There ain't no free lunch for AC.


----------



## WisJim (Jan 14, 2004)

Back in the early 1970s when I went to my first solar heating classes, there were people experimenting with adapting gas-fired air conditioning to using solar heat to provide the heat instead of gas. They were adapting existing commercial gas (absorption) air conditioning units. I would think that similar gas fired absorption A/C would still be available. I don't think that I have seen household size units, though, just commercial/industrial ones.


----------



## MELOC (Sep 26, 2005)

i like the idea of combining a solar ice builder into a ventilation system.

here is the ice maker. http://www.homepower.com/files/solarice.pdf


----------



## gccrook (Nov 21, 2003)

Some friends of mine had a natural gas air conditioner if that is what you mean. Not common, but certainly done.


----------



## wendle (Feb 22, 2006)

I just tried to access that link and it doesn't work any more does anybody know any other links to a diy ice maker?


----------



## Nevada (Sep 9, 2004)

ET1 SS said:


> Really it should not be very hard to do.
> 
> Ammonia is easy to work with, so is soldering the pipes, so go for it.

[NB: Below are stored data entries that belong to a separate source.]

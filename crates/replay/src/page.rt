// Section 0: what the page says by itself, here of refusals by leaves and scanners.
use crate::question;
use stored::numbers::Numbers;
use stored::parts::part;

// What ours answer; no number where that is no question of this section.
pub(crate) fn reply(letter: u8, numbers: &[u32]) -> Numbers {
    match letter {
        b'e' | b'c' | b'p' => refusal(1, letter, numbers),
        b'f' => refusal(2, b's', numbers),
        b'k' => refusal(3, b's', numbers),
        b'd' => refusal(4, b's', numbers),
        b'q' => refusal(5, b's', numbers),
        _ => Numbers::none(),
    }
}

// What a question of another section says of a refusal: its number and, from a scanner, the state; 0 where nothing is refused.
fn refusal(section: u32, letter: u8, numbers: &[u32]) -> Numbers {
    let reply = question::reply(section, letter, false, numbers);
    if reply.count == 0 {
        reply
    } else if reply.cut {
        Numbers::none().all(part(&reply.cells, 1, reply.count))
    } else {
        Numbers::none().and(0)
    }
}
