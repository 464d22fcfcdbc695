// The replacement's own regions: how many there are, and they written.
ghost use Rattle.std.specs.Prelude.{◌||◌, leb};
ghost use Rattle.search.specs.Promise.{Gives};
ghost use Rattle.common.specs.Entry.{wide};
ghost use Rattle.region.specs.Region.{row, up};
ghost use Rattle.region.specs.Regions.{regions};
ghost use Rattle.rules.specs.Tables.{gram_in};
ghost use Rattle.amend.specs.Parts.{surveyed, Owns, PutRows};
ghost use Rattle.amend.specs.Amended.{list_regions};

use crate::rows::put_moved;
use region::next_region;
use rules::tables::Tables;

// How many regions a text has, and whether one reaches its end.
#[derive(Clone, Copy)]
pub struct Counted {
    pub count: usize,
    pub reaching: bool,
}

// Whether one did already, or one that ends at `end` does in a text of `len` bytes.
fn reached(already: bool, end: usize, len: usize) -> bool
    ensures { Gives (already || leb len end) result }
{
    already || len <= end
}

// The regions of a text, counted.
pub fn survey(text: &[u8], tables: &Tables) -> Counted
    ensures { Gives (surveyed (gram_in tables.now) text.now) result }
{
    let mut dead = [0usize; 256];
    let mut found: usize = 0;
    let mut reaching = false;
    let mut q = 0;
    loop {
        match next_region(text, q, tables, &mut dead) {
            None => {
                return Counted {
                    count: found,
                    reaching,
                };
            }
            Some((r, next)) => {
                found += 1;
                reaching = reached(reaching, r.end, text.len());
                q = next;
            }
        }
    }
}

// Writes the regions of a text, moved up by `by`, to row `into` of `out` and on. Answers the row after them.
pub(crate) fn write_own(
    text: &[u8],
    by: usize,
    tables: &Tables,
    out: &mut [u32],
    into: usize,
) -> usize
    requires { Owns wide (regions (gram_in tables.now) text.now) text.now by out.old into }
    ensures { PutRows row wide (up by (list_regions (gram_in tables.now) text.now)) into
        out.old out.new result }
{
    let mut dead = [0usize; 256];
    let mut at = into;
    let mut q = 0;
    loop {
        match next_region(text, q, tables, &mut dead) {
            None => {
                return at;
            }
            Some((r, next)) => {
                at = put_moved(out, at, r.start, r.end, by);
                q = next;
            }
        }
    }
}
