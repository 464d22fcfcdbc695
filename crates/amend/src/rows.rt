// A list as rows of numbers: a region's start and its end.
ghost use Rattle.std.specs.Prelude.{[], ◌∷◌, ◌+◌, ◌-◌, ◌*◌, ◌<◌, length, get_or};
ghost use Rattle.search.specs.Promise.{Gives};
ghost use Rattle.region.specs.Region.{keep_before, row};
ghost use Rattle.common.specs.Lists.{RowPut};
ghost use Rattle.region.specs.Room.{RowFits};
ghost use Rattle.amend.specs.Amend.{moved_by};
ghost use Rattle.amend.specs.Amended.{regions_in};
ghost use Rattle.amend.specs.Parts.{Orderly, regions_between, Moves, Copies, PutRows};
ghost use Rattle.common.specs.Entry.{wide};

use common::list::{END, START, WIDE};

// A number of a list as a place.
fn place_of(number: u32) -> usize
    ensures { Gives number result }
{
    number as usize
}

// The number at column `j` of row `i`.
pub(crate) fn number(list: &[u32], i: usize, j: usize) -> usize
    requires { i * wide + j < length list.now }
    ensures { Gives (get_or list.now (i * wide + j) 0) result }
{
    place_of(list[i * WIDE + j])
}

// How many regions start before `k`. They are sorted, so that halving finds it.
pub(crate) fn starts_before(list: &[u32], count: usize, k: usize) -> usize
    requires { Orderly list.now count 4294967295 }
    ensures { Gives (length (keep_before k (regions_in count list.now))) result }
{
    let mut low = 0;
    let mut high = count;
    while low < high {
        let middle = low + (high - low) / 2;
        if number(list, middle, START) < k {
            low = middle + 1;
            continue;
        }
        high = middle;
    }
    low
}

// Writes row `n`, and answers the next row's number.
fn put(out: &mut [u32], n: usize, start: usize, end: usize) -> usize
    requires { RowFits n start end out.old }
    ensures { RowPut (start ∷ end ∷ []) n out.old out.new result }
{
    let k = n * WIDE;
    out[k] = start as u32;
    out[k + END] = end as u32;
    n + 1
}

// Writes row `n` with both places moved up by `by`.
pub(crate) fn put_moved(out: &mut [u32], n: usize, start: usize, end: usize, by: usize) -> usize
    requires { RowFits n (start + by) (end + by) out.old }
    ensures { RowPut ((start + by) ∷ (end + by) ∷ []) n out.old out.new result }
{
    put(out, n, start + by, end + by)
}

// A place, lowered by `down` and raised by `up`: in this order, so that no step leaves the range.
fn moved(place: usize, down: usize, up: usize) -> usize
    requires { Moves place down up }
    ensures { Gives (place + up - down) result }
{
    place - down + up
}

// Copies the rows from `from` up to `to`, each place lowered by `down` and raised by `up`, to row `into` of `out` and on. Answers
// the row after them.
pub(crate) fn copy_rows(
    list: &[u32],
    from: usize,
    to: usize,
    down: usize,
    up: usize,
    out: &mut [u32],
    into: usize,
) -> usize
    requires { Copies wide list.now from to down up out.old into }
    ensures { PutRows row wide (moved_by down up (regions_between from to list.now)) into out.old out.new result }
{
    let mut i = from;
    let mut n = into;
    while i < to {
        let start = moved(number(list, i, START), down, up);
        let end = moved(number(list, i, END), down, up);
        n = put(out, n, start, end);
        i += 1;
    }
    n
}
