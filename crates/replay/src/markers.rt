// Section 3: the marker scanner.
use crate::answers;
use crate::items::ToldKind;
use block_marker::{Marker, MarkerItem};
use stored::numbers::Numbers;

impl ToldKind for Marker {
    fn told(item: MarkerItem, reply: Numbers) -> Numbers {
        answers::span(item.span, reply.byte(item.marker))
    }
}
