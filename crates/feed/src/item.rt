// The items of a work sheet, from both scanners.
ghost use Rattle.std.specs.Prelude.{◌≡◌};
ghost use Rattle.search.specs.Promise.{Gives};
ghost use Rattle.feed.specs.Items.{marked, counted, tested_place};
ghost use Rattle.feed.specs.declared.item.SheetItem.{SheetItem};

use block_marker::{Marker, MarkerItem};
use block_numbered::{Numbered, NumberedItem};
use common::scan::ItemKind;

// Where the content starts and ends, the kind (0 marker, 1 numbered), the accepted byte, and the number (0 for a marker).
#[derive(Clone, Copy)]
pub struct SheetItem {
    pub start: u32,
    pub end: u32,
    pub kind: u32,
    pub byte: u8,
    pub number: u32,
}

// A kind of items that a sheet has.
pub trait SheetKind: ItemKind {
    ghost shown: { Self.Item → SheetItem };

    // The sheet's item.
    fn shown(item: Self::Item) -> SheetItem
        ensures { result ≡ shown item };
}

impl SheetKind for Marker {
    ghost shown = { marked };

    fn shown(i: MarkerItem) -> SheetItem {
        SheetItem {
            start: i.span.start,
            end: i.span.end,
            kind: 0,
            byte: i.marker,
            number: 0,
        }
    }
}

impl SheetKind for Numbered {
    ghost shown = { counted };

    fn shown(i: NumberedItem) -> SheetItem {
        SheetItem {
            start: i.span.start,
            end: i.span.end,
            kind: 1,
            byte: i.delimiter,
            number: i.number,
        }
    }
}

// Where a region hides the item, whatever else of the item it holds: its marker or delimiter, which one blank parts from the content. The
// scanners' items start at 2 or later; a handmade one that starts before is tested at place 0.
pub fn tested_place(item: SheetItem) -> usize
    ensures { Gives (tested_place item) result }
{
    if item.start < 2 {
        return 0;
    }
    (item.start - 2) as usize
}
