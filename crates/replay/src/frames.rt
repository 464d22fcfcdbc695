// Section 5: continuation frames.
use crate::answers;
use common::span::Span;
use cont::ContIter;
use std::array;
use stored::asked::Asked;
use stored::numbers::Numbers;
use stored::parts::{number_at, part};

const DEPTH: usize = ContIter::MAX_DEPTH;

// A fresh state, all frames that it yields, or a step of a handmade state at a place.
pub(crate) fn ask(asked: Asked<'_>, reply: Numbers) -> Numbers {
    match asked.letter() {
        b'f' => state(fresh(asked), reply.and(1)),
        b'r' => run(fresh(asked), asked.text, reply),
        _ => step(handmade(asked), asked.text, reply),
    }
}

fn fresh(asked: Asked<'_>) -> ContIter {
    ContIter::new(
        asked.byte(1),
        asked.byte(2),
        asked.byte(3),
        asked.byte(4),
        asked.number(0) as usize,
    )
}

fn handmade(asked: Asked<'_>) -> ContIter {
    ContIter {
        byte: asked.byte(4),
        eol: asked.byte(5),
        sep: asked.byte(6),
        tab: asked.byte(7),
        cap: asked.number(0) as usize,
        pos: asked.place,
        open: open_of(asked.list(0)),
        open_len: asked.number(1) as usize,
        pending: pending_of(asked.list(1)),
        pending_len: asked.number(2) as usize,
        pending_idx: asked.number(3) as usize,
    }
}

// The cells of a list; those that it doesn't have are 0.
fn open_of(list: &[u32]) -> [u32; DEPTH] {
    array::from_fn(|i| number_at(list, i))
}

fn pending_of(list: &[u32]) -> [Span; DEPTH] {
    array::from_fn(|i| Span {
        start: number_at(list, i * 2),
        end: number_at(list, i * 2 + 1),
    })
}

fn state(state: ContIter, reply: Numbers) -> Numbers {
    let opened = reply
        .byte(state.byte)
        .byte(state.eol)
        .byte(state.sep)
        .byte(state.tab)
        .size(state.cap)
        .size(state.open_len)
        .list(used(&state.open));
    let counted = opened.size(state.pending_len).size(state.pending_idx);
    waiting(&state.pending, counted).size(state.pos)
}

// The cells up to the last that isn't 0.
fn used(cells: &[u32]) -> &[u32] {
    let end = cells.iter().rev().skip_while(|x| **x == 0).count();
    part(cells, 0, end)
}

// The spans up to the last that isn't 0, as a list.
fn waiting(pending: &[Span], before: Numbers) -> Numbers {
    let end = pending
        .iter()
        .rev()
        .skip_while(|span| span.start == 0 && span.end == 0)
        .count();
    part(pending, 0, end).iter().fold(before.size(end), |reply, span| answers::span(*span, reply))
}

fn step(from: ContIter, text: &[u8], reply: Numbers) -> Numbers {
    let step = from.next(text);
    let found = step.found;
    state(step.next, answers::span_found(found, reply))
}

fn run(fresh: ContIter, text: &[u8], reply: Numbers) -> Numbers {
    answers::entries(fresh, reply, |state, reply| {
        let step = state.next(text);
        let found = step.found;
        let Ok(Some(span)) = found else {
            return None;
        };
        Some((step.next, answers::span(span, reply)))
    })
}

Gas air conditioners were common in the 1970s, but they were phased-out for some reason. Those units used an aqueous salt solution to create absorptive cooling.

******
_Another variant uses air, water, and a salt water solution. Warm moist air is passed through a sprayed solution of salt water. The spray lowers the humidity. The less humid warm air is then passed through an evaporative cooler which cools and rehumidifies. Humidity is removed from the cooled air with another spray of salt solution. The salt solution is regenerated by heating it under low pressure, causing water to evaporate. The water evaporated from the salt solution is recondensed, and rerouted back to the evaporative cooler._
http://en.wikipedia.org/wiki/Image:Absorptive_refrigeration.svg









******

I believe that those units used lithium bromide as the absorptive salt.


----------



## watcher (Sep 4, 2006)

I have thought about this for a long time and have even 'talked' (via email) to a HVAC instructor at a tech school. And there are a few problems/draw backs to them.

One is the amount of energy needed. IIRC, to make enough energy to cool the average suburban home you'd have to cover more area than the average suburban yard. Not only would this cost a lot how many people would want their yard covered in mirrors? 

Also the powers get a bit testy when you have NH3 near homes. They think, and I tend to agree, the average home owner shouldn't be trusted with the stuff when he has neighbors living a mere dozens of feet from him. Now days its even worse. You have the meth heads who would think nothing about drilling holes into a system to get the NH3.

Another factor is what do you do if the sun isn't shining? You MIGHT be able to have a large enough thermal storage to provide cooling over night but what about when you have a couple of days of hot, muggy cloudy days?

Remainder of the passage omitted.